▶ _WHAT THIS TASK INVOLVES_: Filter the records below down to lines containing "that".

_ _ _ _ _

//! A world on files in memory, served over a port from its four files to their end.
ghost use Rattle.std.specs.Prelude.{◌≡◌, ◌++◌, ◌∷◌, []};

use crate::folders::{each, world_bytes};
use crate::model_folder::ModelDisk;
use crate::same::same;
use crate::tcp::try_client;
use crate::worlds::{Report, Reporter, new_files};
use crate::{ModelFolder, Note};
use client_service::Admission;
use crossbeam_channel::{Sender, unbounded};
use disk_model::{Disk, ModelFile};
use file_disk::{Pace, Valve};
use shared_capture::{Kind, Method, Pong, Zig};
use std::alloc::Global;
use std::net::{Net, TcpListener, TcpStream};
use std::process::Abort;
use std::sync::Wait;
use std::thread::{self, JoinHandle, Threads};
use std::time::Clock;
use transports::Listener;
use worker_steps::Opened;
use world_actions::Refusal;
use world_folder::{Checks, Ending, Failure, Guard, OnLoss, Source, WorldReport};
use world_server::{
    Address, Clients, Every, FolderRun, Frontend, IntoFrontend, Left, Line, Losses, Service,
    serve_folder, serve_world,
};

const BATCHES: &[u8] = b"add 0 1\nget 0\nend\nadd 0 1\nget 0\nend\n";

const ANSWERS: &[u8] = b"tick 1: + =1\ntick 2: + =2\n";

// A batch of an action, a read, a refused action and a line that is none.
const BATCH: &[u8] = b"set 0 5\nget 0\nmove 0 1 9\nfoo\nend\n";

const FIRST: &[u8] = b"tick 1: + =5 -3 -16\n";

const SECOND: &[u8] = b"tick 2: + =5 -3 -16\n";

// How a server is run: after how many ticks an image is due, and for how many clients.
#[derive(Clone, Copy)]
struct Run {
    every: u32,
    clients: u32,
}

const EACH_TICK: Run = Run {
    every: 1,
    clients: 1,
};

const TWO_CLIENTS: Run = Run {
    every: 64,
    clients: 2,
};

// A port at which clients come, and the lines that are printed.
#[derive(Drop)]
struct Desk<R: Wait + Abort + Copy> {
    rt: R,
    listener: Option<Listener>,
    watch: Option<Reporter<R>>,
    printed: Vec<Line>,
    noted: Vec<Line>,
}

impl<R: Wait + Abort + Copy, M: Method, D: Disk + Drop> Frontend<M, D, Reporter<R>> for Desk<R> {
    ghost use Rattle.std.specs.Prelude.{true};

    ghost known = { true };

    ghost printed = { λ desk. desk.printed.items };

    ghost noted = { λ desk. desk.noted.items };

    fn print(&mut self, line: Line) {
        keep(&self.rt, &mut self.printed, line);
    }

    fn note(&mut self, line: Line) {
        keep(&self.rt, &mut self.noted, line);
    }

    fn open(&mut self, _opened: &Opened<M, D>) -> Result<(Listener, Reporter<R>), Failure> {
        match (self.listener.take(), self.watch.take()) {
            (Some(listener), Some(watch)) => Ok((listener, watch)),
            _ => Err(Failure::Refused(Refusal::Device)),
        }
    }

    fn losses(&self) -> Losses {
        Losses {
            log: false,
            images: false,
            listener: false,
        }
    }

    fn finish(self, ending: Ending) -> Ending {
        ending
    }
}

impl<R: Wait + Abort + Copy, M: Method> IntoFrontend<M, ModelDisk, Reporter<R>> for Desk<R> {
    type Frontend = Desk<R>;

    ghost serves = { λ _ _. Unit {0} };

    fn into_frontend(self, _guard: Option<Guard>, _pace: Pace, _valve: Valve) -> Desk<R> {
        self
    }
}

// Adds a line. A test has the memory for it, or ends.
fn keep(rt: &impl Abort, lines: &mut Vec<Line>, line: Line)
    ensures { lines.new.items ≡ lines.old.items ++ line ∷ [] }
{
    if lines.push(line).is_err() {
        rt.abort();
    }
}

fn desk_of<R: Wait + Abort + Copy>(
    rt: &R,
    alloc: Global,
    listener: Option<Listener>,
    to: Sender<Report>,
) -> Desk<R> {
    Desk {
        rt: *rt,
        listener,
        watch: Some(Reporter { rt: *rt, to }),
        printed: Vec::new(alloc),
        noted: Vec::new(alloc),
    }
}

// Serves a new world of two cells until two ticks were played. Checks what is printed, that clients
// were let in, and which world was recovered.
fn serve_two_ticks<
    M: Method + Send + 'static,
    R: Threads + Wait + Clock + Abort + Copy + Send + 'static,
>(rt: &R, alloc: Global, listener: Listener, run: Run) {
    let (to, heard) = unbounded(alloc).expect(rt, "a channel");
    let mut desk = desk_of(rt, alloc, Some(listener), to);
    let files = new_files(rt, alloc, 2);
    let served = serve_world::<R, M, ModelFile, Reporter<R>, Desk<R>>(
        rt,
        alloc,
        &mut desk,
        files,
        Every(run.every),
        Admission {
            clients: run.clients,
            idle: None,
        },
        Checks::of(OnLoss::Warn),
    );
    match served {
        Ok(served) => {
            same(
                rt,
                "the world",
                served.recovered,
                WorldReport { tick: 0, from: 0 },
            );
            same(
                rt,
                "ends well",
                matches!(served.ending(), Ending::Ran),
                true,
            );
        }
        Err(_) => panic!(rt; "not served"),
    }
    let are_printed = match desk.printed.as_slice() {
        [recovered, stopped] => {
            matches!(recovered, Line::Recovered { ended: 0, from: 0 })
                && matches!(stopped, Line::Stopped { ended: 2, acked: 2 })
        }
        _ => false,
    };
    same(rt, "the two lines", are_printed, true);
    let first = heard.try_recv(rt).ok();
    same(rt, "what is reported", first, Some(Report::Opened));
    same(rt, "lines on standard error", desk.noted.len(), 0);
}

fn start_server<
    M: Method + Send + 'static,
    R: Threads + Wait + Clock + Abort + Copy + Send + 'static,
>(rt: &R, alloc: Global, listener: Listener, run: Run) -> JoinHandle<()> {
    let here = *rt;
    let serve = move || serve_two_ticks::<M, R>(&here, alloc, listener, run);
    match thread::spawn(rt, serve) {
        Ok(server) => server,
        Err(_) => panic!(rt; "no thread"),
    }
}

// Serves clients that come one after the other. Each writes its input, and has to get its text.
fn try_served<
    M: Method + Send + 'static,
    R: Net<Listener = TcpListener, Stream = TcpStream>
        + Threads
        + Wait
        + Clock
        + Abort
        + Copy
        + Send
        + 'static,
>(rt: &R, alloc: Global, run: Run, clients: &[(&[u8], &[u8])]) {
    let listener = TcpListener::bind(rt, "127.0.0.1:0").expect(rt, "a port");
    let to = listener.local_addr().expect(rt, "an address");
    let server = start_server::<M, R>(rt, alloc, Listener::Tcp(listener), run);
    for (input, text) in clients {
        try_client(rt, alloc, to, input, text);
    }
    server.join(rt);
}

#[test]
fn world_in_files_is_served_over_a_port(rt: HostRuntime) {
    let clients = [(BATCHES, ANSWERS)];
    try_served::<Zig, HostRuntime>(&rt, rt.alloc(), EACH_TICK, &clients);
    try_served::<Pong, HostRuntime>(&rt, rt.alloc(), EACH_TICK, &clients);
}

#[test]
fn two_clients_play_one_after_the_other(rt: HostRuntime) {
    let clients = [(BATCH, FIRST), (BATCH, SECOND)];
    try_served::<Zig, HostRuntime>(&rt, rt.alloc(), TWO_CLIENTS, &clients);
    try_served::<Pong, HostRuntime>(&rt, rt.alloc(), TWO_CLIENTS, &clients);
}

const SERVICE: Service<'static> = Service {
    folder: "D",
    method: Kind::Zigzag,
    every: Some(Every(1)),
    address: Address::Port(0),
    clients: Clients(1),
    idle: None,
    report: 0,
    exit_when_closed: None,
    exits_when_log_down: false,
    exit_when_images_down: None,
    exits_when_replaced: false,
    on_loss: OnLoss::Refuse,
    guards: false,
    accepts_loss: false,
};

// Runs a server on a folder in memory.
fn run_in<R: Threads + Wait + Clock + Abort + Copy + Send + 'static>(
    rt: &R,
    folder: &mut ModelFolder<'_>,
    listener: Option<Listener>,
) -> FolderRun<Zig, ModelDisk> {
    let (to, _heard) = unbounded(folder.alloc()).expect(rt, "a channel");
    let desk = desk_of(rt, folder.alloc(), listener, to);
    let run = serve_folder::<R, Zig, ModelDisk, Reporter<R>, ModelFolder<'_>, Desk<R>>(
        rt, folder, desk, &SERVICE,
    );
    run.expect(rt, "four files")
}

// Serves a world of two cells from its folder, whose guard is read once the files are held.
fn serve_from_folder<R: Threads + Wait + Clock + Abort + Copy + Send + 'static>(
    rt: &R,
    alloc: Global,
    listener: Listener,
) {
    let mut folder = ModelFolder::new(alloc, "D", world_bytes(rt, alloc), each(true));
    let FolderRun { left, ending, .. } = run_in(rt, &mut folder, Some(listener));
    match left {
        Left::Served(served) => same(rt, "the ticks", served.stopped.workers.acked(), 2),
        _ => panic!(rt; "not served"),
    }
    same(rt, "ends well", matches!(ending, Ending::Ran), true);
    match folder.notes().first() {
        Some(Note::GuardRead(None)) => {}
        _ => panic!(rt; "the guard isn't read last"),
    }
}

#[test]
fn world_in_a_folder_is_served_over_a_port(rt: HostRuntime) {
    let (alloc, here) = (rt.alloc(), rt);
    let listener = TcpListener::bind(&rt, "127.0.0.1:0").expect(&rt, "a port");
    let to = listener.local_addr().expect(&rt, "an address");
    let serve = move || serve_from_folder(&here, alloc, Listener::Tcp(listener));
    let server = match thread::spawn(&rt, serve) {
        Ok(server) => server,
        Err(_) => panic!(&rt; "no thread"),
    };
    let answers = b"tick 1: + =6\ntick 2: + =7\n";
    try_client(&rt, alloc, to, BATCHES, answers);
    server.join(&rt);
}

#[test]
fn damaged_world_in_a_folder_is_only_read(rt: HostRuntime) {
    let mut bytes = world_bytes(&rt, rt.alloc());
    bytes.image_a.truncate(20);
    let mut folder = ModelFolder::new(rt.alloc(), "D", bytes, each(true));
    let run = run_in(&rt, &mut folder, None);
    same(&rt, "read", matches!(run.left, Left::Read(_)), true);
    same(
        &rt,
        "named",
        matches!(run.ending, Ending::Failed(Failure::NoWorld(_))),
        true,
    );
}
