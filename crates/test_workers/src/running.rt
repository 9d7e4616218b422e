//! Workers in threads, and sessions on them.
use crate::same::same;
use crate::worlds::{Report, Reporter, open_files};
use client_service::{Remote, serve_batches};
use crossbeam_channel::Sender;
use disk_model::{Disk, FourFiles};
use shared_capture::Method;
use std::alloc::Global;
use std::process::Abort;
use std::sync::Wait;
use std::thread::Threads;
use worker_steps::Gates;
use worker_threads::{StoppedWorkers, Workers, meet_stopped, start, stop};
use workers::{AskChannel, Gate, Spins};
use world_actions::Refusal;

/// Starts workers on the world in these files. A round is due after each `every` ticks.
pub fn begin<
    R: Threads + Wait + Abort + Copy + Send + 'static,
    M: Method + Send + 'static,
    D: Disk + Drop + Send + 'static,
    A: Gate + Drop + Send + 'static,
    B: Gate + Drop + Send + 'static,
    C: Gate + Drop + Send + 'static,
>(
    rt: &R,
    alloc: Global,
    files: FourFiles<D>,
    gates: Gates<A, B, C>,
    to: Sender<Report>,
    every: u32,
) -> (Workers<M, D, A, B, C>, AskChannel) {
    let opened = open_files::<M, D>(rt, alloc, files);
    let watch = Reporter { rt: *rt, to };
    let spins = Spins::on_this_machine(rt, alloc).expect(rt, "a count");
    start(rt, alloc, gates, watch, opened, every, &spins)
        .ok()
        .expect(rt, "workers")
}

/// Waits until the workers have ended, and brings their ends together.
pub fn end<R: Threads, M: Method, D: Disk + Drop, A: Gate + Drop, B: Gate + Drop, C: Gate + Drop>(
    rt: &R,
    workers: Workers<M, D, A, B, C>,
) -> StoppedWorkers<M, D, A, B, C> {
    let mut stopped = stop(rt, workers);
    meet_stopped(&mut stopped);
    stopped
}

/// The end of a session, and its text.
#[derive(Drop)]
pub struct Page {
    pub ends: Result<(), Refusal>,
    pub text: Vec<u8>,
}

/// The world of a session, after which no other begins.
pub fn only_session<R: Wait + Abort + Copy>(rt: &R, alloc: Global, asks: AskChannel) -> Remote<R> {
    let mut asks = asks;
    Remote::new(*rt, alloc, asks.session().expect(rt, "a session"))
}

/// Serves a session on this input. No other session begins after it.
pub fn play(
    rt: &(impl Wait + Abort + Copy),
    alloc: Global,
    asks: AskChannel,
    input: &[u8],
) -> Page {
    let mut world = only_session(rt, alloc, asks);
    let mut text = Vec::new(alloc);
    let mut rest = input;
    let ends = serve_batches(alloc, &mut rest, &mut text, &mut world);
    Page { ends, text }
}

/// The session came to its end with this text.
pub fn is_page(rt: &impl Abort, page: &Page, text: &[u8]) {
    same(rt, "how the session ends", page.ends, Ok(()));
    same(rt, "its text", page.text.as_slice(), text);
}
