//! Connections by a port and by a socket: each end reads the bytes that the other writes, and a
//! time-out ends a wait.
use crate::same::same;
use std::fs::Files;
use std::io::{self, ErrorKind, Read, Write};
use std::net::{Net, TcpListener, TcpStream};
use std::os::unix::net::{SocketAddr, UnixListener, UnixStream};
use std::process::Abort;
use std::time::Duration;
use transports::{Listener, Stream};

const WORD: &[u8; 4] = b"end\n";

const SILENCE_MILLISECONDS: u64 = 10;

// Writes a word at one end, and reads it at the other.
fn passed(from: &Stream, to: &Stream) -> io::Result<[u8; 4]> {
    let (mut writer, mut reader) = (from, to);
    writer.write_all(WORD)?;
    writer.flush()?;
    let mut word = [0; 4];
    reader.read_exact(&mut word)?;
    Ok(word)
}

// True if a read to which no byte comes ends by the time-out.
fn ends_by_silence(stream: &Stream) -> bool {
    let mut reader = stream;
    match reader.read(&mut [0]) {
        Ok(_) => false,
        Err(error) => error.kind() == ErrorKind::WouldBlock,
    }
}

// Accepts the connection of this client, and passes words both ways.
fn try_both_ways(rt: &impl Abort, listener: &Listener, client: &Stream) {
    let server = listener.accept().expect(rt, "a connection");
    let silence = Duration::from_millis(SILENCE_MILLISECONDS);
    server.set_up(Some(silence)).expect(rt, "a time-out");
    client.set_up(None).expect(rt, "no time-out");
    for (from, to) in [(client, &server), (&server, client)] {
        let word = passed(from, to).expect(rt, "a word");
        same(rt, "the word", word.as_slice(), WORD.as_slice());
    }
    same(rt, "silence ends a read", ends_by_silence(&server), true);
}

fn try_port<R: Net<Listener = TcpListener, Stream = TcpStream> + Abort>(rt: &R) {
    let listener = TcpListener::bind(rt, "127.0.0.1:0").expect(rt, "a port");
    let to = listener.local_addr().expect(rt, "an address");
    let client = TcpStream::connect(rt, to).expect(rt, "a connection");
    try_both_ways(rt, &Listener::Tcp(listener), &Stream::Tcp(client));
}

// A socket without a path gets a name from the system, and no file.
fn try_socket<R: Net + Files + Abort>(rt: &R) {
    let unnamed = SocketAddr::from_pathname("").expect(rt, "no path");
    let listener = UnixListener::bind_addr(rt, &unnamed).expect(rt, "a socket");
    let to = listener.local_addr().expect(rt, "a name");
    let client = UnixStream::connect_addr(rt, &to).expect(rt, "a connection");
    try_both_ways(rt, &Listener::Unix(listener), &Stream::Unix(client));
}

#[test]
fn connections_by_a_port_carry_bytes(rt: HostRuntime) {
    try_port(&rt);
}

#[test]
fn connections_by_a_socket_carry_bytes(rt: HostRuntime) {
    try_socket(&rt);
}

_ _ _ _ _

▶ _OUTPUT BELOW_:
// A batch of an action, a read, a refused action and a line that is none.
// A port at which clients come, and the lines that are printed.
// Serves a new world of two cells until two ticks were played. Checks what is printed, that clients
// Serves clients that come one after the other. Each writes its input, and has to get its text.
//! Connections by a port and by a socket: each end reads the bytes that the other writes, and a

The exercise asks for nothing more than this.